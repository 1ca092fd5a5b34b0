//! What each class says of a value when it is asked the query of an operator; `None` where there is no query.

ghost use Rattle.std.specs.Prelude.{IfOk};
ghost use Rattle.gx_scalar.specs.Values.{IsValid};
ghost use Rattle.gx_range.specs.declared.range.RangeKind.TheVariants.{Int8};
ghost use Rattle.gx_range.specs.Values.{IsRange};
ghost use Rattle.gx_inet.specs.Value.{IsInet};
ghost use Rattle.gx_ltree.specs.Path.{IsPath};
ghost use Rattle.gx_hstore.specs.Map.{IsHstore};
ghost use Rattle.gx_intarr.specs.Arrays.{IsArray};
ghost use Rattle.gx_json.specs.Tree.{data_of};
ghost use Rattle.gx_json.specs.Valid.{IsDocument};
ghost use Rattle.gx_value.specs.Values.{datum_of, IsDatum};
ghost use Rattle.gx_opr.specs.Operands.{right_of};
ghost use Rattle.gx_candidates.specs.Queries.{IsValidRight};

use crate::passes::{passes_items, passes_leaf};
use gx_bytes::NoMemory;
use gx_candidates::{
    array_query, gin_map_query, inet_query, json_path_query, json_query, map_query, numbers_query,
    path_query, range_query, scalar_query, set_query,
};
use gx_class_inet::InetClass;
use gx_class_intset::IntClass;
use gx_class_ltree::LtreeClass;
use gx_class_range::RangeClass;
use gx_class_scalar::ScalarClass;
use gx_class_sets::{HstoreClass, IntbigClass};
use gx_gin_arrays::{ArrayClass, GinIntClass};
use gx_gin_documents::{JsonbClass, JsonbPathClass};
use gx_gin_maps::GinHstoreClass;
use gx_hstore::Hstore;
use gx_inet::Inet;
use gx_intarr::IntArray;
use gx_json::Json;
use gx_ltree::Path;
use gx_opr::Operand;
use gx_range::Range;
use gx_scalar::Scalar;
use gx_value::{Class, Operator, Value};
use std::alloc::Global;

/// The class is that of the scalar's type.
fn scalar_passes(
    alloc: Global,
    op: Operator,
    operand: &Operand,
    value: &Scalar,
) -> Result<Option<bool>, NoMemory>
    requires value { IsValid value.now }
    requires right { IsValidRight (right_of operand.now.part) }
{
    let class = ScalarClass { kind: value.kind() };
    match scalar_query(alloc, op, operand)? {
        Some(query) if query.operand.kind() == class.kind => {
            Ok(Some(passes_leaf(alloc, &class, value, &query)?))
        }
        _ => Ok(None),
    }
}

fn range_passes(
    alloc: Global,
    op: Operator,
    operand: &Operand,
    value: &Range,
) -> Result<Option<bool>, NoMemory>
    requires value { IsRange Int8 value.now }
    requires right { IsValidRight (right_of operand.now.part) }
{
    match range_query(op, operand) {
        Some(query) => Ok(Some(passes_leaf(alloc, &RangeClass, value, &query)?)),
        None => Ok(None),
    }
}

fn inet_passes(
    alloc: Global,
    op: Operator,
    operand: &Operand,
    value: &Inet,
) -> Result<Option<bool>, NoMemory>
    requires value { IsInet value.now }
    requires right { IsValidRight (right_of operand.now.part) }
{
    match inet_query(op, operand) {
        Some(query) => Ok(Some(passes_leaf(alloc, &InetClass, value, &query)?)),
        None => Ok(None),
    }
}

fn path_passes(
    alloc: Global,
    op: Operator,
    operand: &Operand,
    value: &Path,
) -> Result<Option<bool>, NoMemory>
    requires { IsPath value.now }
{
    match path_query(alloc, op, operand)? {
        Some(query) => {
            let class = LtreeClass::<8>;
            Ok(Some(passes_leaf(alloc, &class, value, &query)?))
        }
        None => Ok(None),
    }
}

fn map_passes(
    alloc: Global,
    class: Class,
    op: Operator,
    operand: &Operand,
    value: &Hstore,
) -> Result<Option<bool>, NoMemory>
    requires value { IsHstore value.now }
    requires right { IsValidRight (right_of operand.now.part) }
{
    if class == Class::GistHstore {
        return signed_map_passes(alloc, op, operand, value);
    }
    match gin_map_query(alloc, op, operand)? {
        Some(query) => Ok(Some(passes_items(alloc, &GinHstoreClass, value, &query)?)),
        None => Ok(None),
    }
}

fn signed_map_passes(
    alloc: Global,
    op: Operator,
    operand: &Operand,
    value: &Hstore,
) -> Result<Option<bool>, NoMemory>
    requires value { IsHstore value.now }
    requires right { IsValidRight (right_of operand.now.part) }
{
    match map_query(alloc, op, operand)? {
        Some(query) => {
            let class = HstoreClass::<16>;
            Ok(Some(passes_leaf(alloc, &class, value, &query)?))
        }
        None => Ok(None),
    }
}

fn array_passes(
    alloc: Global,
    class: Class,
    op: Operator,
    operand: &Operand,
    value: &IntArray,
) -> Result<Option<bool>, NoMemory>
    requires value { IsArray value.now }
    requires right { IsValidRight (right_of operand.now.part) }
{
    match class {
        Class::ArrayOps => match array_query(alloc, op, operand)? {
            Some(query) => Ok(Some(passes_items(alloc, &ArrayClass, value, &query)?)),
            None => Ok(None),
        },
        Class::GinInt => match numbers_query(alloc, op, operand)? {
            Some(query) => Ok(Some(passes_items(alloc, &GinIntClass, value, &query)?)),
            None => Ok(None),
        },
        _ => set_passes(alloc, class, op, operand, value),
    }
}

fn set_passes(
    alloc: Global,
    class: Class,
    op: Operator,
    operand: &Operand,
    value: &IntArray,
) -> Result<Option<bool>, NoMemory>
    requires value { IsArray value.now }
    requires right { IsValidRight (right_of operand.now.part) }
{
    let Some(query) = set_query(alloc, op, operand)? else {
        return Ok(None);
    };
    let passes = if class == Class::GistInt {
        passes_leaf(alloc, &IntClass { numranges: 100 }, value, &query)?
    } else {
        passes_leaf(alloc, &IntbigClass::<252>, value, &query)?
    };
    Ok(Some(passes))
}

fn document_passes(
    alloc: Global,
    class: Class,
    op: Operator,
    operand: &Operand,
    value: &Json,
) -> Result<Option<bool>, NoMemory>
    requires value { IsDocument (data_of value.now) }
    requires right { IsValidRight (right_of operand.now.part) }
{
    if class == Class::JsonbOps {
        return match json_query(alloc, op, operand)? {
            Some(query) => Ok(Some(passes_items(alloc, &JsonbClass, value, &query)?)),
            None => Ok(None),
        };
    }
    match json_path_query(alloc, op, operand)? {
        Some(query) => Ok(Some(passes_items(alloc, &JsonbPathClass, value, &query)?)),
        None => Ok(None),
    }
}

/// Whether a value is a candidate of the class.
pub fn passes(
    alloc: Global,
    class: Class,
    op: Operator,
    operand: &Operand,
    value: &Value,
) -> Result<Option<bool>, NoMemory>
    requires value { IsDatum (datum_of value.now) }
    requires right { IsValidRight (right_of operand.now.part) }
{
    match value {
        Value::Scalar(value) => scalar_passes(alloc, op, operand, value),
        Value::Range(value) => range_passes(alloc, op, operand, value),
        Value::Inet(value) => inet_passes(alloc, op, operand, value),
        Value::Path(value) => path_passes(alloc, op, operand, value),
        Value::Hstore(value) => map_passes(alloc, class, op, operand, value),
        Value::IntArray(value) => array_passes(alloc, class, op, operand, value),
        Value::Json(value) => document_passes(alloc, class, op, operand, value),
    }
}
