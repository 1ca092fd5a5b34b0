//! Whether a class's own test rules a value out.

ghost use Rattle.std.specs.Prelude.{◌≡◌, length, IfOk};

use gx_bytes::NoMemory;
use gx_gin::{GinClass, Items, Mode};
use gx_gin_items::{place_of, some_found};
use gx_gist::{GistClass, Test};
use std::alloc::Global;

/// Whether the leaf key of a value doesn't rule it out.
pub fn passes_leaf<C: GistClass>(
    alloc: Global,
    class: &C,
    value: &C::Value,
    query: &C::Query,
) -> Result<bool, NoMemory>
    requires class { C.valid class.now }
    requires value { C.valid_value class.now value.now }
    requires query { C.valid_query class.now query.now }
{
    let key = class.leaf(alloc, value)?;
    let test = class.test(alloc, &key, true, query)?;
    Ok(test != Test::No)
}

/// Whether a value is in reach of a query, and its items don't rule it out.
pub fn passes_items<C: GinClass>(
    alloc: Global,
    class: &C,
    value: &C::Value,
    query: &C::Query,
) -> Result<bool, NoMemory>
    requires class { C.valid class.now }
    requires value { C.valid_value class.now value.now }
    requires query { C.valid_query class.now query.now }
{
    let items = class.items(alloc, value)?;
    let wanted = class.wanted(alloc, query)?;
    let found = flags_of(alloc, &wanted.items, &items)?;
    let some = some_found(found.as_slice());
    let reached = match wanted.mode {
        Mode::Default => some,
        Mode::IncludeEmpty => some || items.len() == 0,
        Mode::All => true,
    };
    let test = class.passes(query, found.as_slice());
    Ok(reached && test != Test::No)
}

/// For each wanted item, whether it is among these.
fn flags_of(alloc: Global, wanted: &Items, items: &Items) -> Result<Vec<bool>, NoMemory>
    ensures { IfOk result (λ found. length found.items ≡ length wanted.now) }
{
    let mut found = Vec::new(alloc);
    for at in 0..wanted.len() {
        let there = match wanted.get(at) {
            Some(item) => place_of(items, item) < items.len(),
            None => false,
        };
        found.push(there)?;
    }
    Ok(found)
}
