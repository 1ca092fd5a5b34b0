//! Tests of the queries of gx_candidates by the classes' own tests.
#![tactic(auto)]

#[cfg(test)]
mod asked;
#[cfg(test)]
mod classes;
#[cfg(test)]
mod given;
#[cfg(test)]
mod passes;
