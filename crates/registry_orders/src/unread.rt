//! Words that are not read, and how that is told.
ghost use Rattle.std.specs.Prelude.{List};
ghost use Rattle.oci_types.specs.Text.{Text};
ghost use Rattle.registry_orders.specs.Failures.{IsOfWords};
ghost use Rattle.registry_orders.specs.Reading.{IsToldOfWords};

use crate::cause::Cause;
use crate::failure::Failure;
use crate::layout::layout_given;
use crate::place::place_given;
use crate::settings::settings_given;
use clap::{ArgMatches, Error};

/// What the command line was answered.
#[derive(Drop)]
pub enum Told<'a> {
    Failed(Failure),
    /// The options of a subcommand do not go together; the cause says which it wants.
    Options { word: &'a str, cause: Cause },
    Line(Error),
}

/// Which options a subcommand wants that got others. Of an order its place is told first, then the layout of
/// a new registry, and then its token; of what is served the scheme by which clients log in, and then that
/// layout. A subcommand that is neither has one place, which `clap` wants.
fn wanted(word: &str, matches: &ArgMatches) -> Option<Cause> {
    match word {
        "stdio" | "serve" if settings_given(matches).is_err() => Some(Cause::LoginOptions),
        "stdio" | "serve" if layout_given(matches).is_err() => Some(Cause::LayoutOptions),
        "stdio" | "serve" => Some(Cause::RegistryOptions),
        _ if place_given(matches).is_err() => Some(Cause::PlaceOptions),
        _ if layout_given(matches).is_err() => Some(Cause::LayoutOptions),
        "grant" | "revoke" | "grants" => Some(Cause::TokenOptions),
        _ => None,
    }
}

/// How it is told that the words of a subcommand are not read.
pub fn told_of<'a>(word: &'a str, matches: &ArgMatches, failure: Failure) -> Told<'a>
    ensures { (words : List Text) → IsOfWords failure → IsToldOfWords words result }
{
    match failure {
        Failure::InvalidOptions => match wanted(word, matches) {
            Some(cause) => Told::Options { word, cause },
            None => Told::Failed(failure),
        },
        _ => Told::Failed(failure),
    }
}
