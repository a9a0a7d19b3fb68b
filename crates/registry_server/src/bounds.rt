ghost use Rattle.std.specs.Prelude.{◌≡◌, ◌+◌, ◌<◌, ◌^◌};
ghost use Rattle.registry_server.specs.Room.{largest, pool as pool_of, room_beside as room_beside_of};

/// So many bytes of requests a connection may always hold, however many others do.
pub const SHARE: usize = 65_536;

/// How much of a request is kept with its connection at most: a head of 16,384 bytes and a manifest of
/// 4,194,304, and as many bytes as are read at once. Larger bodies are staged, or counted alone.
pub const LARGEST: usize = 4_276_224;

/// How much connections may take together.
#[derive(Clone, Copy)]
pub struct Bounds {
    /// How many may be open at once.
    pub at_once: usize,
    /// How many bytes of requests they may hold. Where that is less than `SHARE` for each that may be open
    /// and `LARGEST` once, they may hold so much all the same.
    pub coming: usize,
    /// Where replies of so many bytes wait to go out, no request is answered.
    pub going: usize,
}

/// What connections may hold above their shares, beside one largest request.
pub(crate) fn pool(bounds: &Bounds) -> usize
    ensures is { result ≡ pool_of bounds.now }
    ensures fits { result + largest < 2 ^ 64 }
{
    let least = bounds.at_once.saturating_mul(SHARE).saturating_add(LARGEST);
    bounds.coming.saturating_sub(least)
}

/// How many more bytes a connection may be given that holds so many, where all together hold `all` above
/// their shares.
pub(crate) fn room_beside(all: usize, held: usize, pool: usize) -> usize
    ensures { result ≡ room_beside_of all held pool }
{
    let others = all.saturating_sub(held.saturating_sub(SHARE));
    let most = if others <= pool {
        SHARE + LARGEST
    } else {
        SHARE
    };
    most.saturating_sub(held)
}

* * *

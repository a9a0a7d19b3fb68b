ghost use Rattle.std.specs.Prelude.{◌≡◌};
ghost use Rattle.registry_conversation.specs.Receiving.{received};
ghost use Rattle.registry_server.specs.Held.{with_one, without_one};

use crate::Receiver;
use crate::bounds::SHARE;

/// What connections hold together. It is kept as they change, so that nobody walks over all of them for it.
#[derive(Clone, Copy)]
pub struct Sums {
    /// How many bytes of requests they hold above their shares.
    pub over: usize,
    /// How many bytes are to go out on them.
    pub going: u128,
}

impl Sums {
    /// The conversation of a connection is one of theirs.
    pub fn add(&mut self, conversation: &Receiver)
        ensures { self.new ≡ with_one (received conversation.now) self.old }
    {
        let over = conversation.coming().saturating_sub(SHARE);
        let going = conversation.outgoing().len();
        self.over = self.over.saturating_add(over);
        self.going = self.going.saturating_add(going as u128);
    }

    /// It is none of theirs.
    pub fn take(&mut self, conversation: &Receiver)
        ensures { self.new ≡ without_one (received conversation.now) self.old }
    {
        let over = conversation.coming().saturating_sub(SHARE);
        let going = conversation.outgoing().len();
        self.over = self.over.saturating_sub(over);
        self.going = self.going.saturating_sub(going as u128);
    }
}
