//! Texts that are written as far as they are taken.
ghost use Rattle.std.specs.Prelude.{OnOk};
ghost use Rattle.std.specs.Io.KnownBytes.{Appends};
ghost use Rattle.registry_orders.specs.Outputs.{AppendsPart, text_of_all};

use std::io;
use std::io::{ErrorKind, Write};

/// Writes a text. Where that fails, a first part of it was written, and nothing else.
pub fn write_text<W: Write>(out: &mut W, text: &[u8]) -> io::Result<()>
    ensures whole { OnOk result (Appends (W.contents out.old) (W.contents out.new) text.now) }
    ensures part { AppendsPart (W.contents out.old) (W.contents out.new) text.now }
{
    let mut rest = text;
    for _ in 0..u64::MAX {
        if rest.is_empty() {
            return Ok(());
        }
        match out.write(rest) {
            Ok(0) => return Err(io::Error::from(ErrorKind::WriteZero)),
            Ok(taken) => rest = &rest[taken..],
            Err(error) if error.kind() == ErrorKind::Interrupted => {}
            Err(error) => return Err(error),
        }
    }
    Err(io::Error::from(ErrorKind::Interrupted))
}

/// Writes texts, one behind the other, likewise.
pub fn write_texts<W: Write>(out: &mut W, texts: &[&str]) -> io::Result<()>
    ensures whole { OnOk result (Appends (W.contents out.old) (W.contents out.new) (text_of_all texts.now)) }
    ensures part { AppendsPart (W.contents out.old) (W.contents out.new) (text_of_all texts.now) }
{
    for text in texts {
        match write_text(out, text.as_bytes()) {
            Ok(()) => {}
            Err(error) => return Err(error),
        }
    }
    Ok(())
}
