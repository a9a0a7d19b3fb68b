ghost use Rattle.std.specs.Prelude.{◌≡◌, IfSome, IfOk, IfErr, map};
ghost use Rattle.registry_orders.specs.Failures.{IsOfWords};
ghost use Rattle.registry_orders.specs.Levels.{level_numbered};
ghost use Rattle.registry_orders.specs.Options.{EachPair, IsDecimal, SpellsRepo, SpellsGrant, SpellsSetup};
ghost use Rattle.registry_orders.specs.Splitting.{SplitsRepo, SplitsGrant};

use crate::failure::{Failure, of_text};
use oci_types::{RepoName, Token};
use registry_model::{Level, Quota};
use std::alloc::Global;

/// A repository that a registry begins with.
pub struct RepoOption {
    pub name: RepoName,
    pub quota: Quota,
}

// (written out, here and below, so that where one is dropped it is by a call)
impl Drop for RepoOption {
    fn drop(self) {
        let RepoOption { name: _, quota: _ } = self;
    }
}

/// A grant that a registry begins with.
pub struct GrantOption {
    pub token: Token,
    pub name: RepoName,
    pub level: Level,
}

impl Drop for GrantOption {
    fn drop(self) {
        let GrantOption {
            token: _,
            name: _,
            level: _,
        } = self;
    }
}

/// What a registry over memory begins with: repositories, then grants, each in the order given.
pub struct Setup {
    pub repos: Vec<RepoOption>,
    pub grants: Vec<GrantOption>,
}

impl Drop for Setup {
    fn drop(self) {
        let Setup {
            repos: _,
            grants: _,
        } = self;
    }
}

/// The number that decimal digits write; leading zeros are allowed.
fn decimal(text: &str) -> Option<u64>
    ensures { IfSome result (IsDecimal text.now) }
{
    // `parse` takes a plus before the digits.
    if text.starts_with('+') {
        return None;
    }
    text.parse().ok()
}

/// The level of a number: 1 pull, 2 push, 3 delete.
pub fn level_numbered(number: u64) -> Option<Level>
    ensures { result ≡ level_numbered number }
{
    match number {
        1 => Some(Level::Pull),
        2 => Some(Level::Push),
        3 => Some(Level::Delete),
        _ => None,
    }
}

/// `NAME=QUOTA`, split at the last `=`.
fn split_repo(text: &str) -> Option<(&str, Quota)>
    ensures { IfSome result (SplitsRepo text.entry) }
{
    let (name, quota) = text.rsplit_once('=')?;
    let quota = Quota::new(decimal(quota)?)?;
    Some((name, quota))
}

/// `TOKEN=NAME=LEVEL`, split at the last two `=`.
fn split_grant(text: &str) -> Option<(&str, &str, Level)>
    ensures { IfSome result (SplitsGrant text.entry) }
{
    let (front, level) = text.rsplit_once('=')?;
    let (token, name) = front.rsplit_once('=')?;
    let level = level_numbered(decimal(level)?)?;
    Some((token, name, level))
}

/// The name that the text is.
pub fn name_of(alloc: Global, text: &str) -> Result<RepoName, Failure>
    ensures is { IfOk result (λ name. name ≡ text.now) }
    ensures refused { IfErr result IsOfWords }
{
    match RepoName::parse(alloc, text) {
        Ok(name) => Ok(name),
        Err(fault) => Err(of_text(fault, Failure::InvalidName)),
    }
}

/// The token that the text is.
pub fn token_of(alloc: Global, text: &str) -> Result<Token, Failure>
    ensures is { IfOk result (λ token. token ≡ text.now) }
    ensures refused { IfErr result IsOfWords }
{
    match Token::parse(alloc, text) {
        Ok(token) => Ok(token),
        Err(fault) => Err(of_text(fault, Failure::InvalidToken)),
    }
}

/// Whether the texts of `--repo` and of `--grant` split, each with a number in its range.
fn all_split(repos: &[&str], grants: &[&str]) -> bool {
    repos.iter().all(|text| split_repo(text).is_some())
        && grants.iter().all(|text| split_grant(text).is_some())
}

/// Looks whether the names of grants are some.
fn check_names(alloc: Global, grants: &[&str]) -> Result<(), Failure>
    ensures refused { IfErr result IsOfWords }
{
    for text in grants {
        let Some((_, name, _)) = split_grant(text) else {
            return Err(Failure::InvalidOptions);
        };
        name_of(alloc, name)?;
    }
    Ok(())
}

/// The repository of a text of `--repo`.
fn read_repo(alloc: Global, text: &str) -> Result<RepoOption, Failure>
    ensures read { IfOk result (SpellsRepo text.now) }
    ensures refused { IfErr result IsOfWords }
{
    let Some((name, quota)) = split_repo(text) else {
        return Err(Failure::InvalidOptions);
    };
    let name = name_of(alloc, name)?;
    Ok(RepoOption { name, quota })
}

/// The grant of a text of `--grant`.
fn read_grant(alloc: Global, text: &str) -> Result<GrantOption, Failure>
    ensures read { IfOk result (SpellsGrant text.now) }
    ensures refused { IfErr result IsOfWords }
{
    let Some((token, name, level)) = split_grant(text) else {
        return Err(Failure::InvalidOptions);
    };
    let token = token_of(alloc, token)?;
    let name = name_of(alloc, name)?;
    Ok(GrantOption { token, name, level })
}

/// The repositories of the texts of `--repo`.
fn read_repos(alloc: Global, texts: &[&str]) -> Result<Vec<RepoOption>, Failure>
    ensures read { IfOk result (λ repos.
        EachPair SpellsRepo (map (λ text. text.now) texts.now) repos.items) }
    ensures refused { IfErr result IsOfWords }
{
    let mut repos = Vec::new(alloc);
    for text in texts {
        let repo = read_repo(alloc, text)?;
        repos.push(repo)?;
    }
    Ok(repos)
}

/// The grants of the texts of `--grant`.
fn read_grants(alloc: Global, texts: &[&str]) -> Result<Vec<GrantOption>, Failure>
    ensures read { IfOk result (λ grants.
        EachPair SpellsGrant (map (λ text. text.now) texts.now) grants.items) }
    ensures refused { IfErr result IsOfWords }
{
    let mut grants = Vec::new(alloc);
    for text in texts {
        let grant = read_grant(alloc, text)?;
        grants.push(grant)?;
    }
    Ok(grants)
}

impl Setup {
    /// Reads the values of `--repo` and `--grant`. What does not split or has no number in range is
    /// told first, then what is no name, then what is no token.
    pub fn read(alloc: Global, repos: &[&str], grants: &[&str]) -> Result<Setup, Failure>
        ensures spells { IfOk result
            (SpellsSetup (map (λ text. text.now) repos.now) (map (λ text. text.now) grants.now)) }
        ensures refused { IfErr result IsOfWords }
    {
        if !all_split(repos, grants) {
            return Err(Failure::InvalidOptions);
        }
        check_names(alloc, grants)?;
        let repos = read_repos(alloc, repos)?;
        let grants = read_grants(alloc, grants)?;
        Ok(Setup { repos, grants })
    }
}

▸ What is being asked
"parse" is the word to look for; copy every line of the data that has it.

▸ Answer for the task
    // `parse` takes a plus before the digits.
    text.parse().ok()
    match RepoName::parse(alloc, text) {
    match Token::parse(alloc, text) {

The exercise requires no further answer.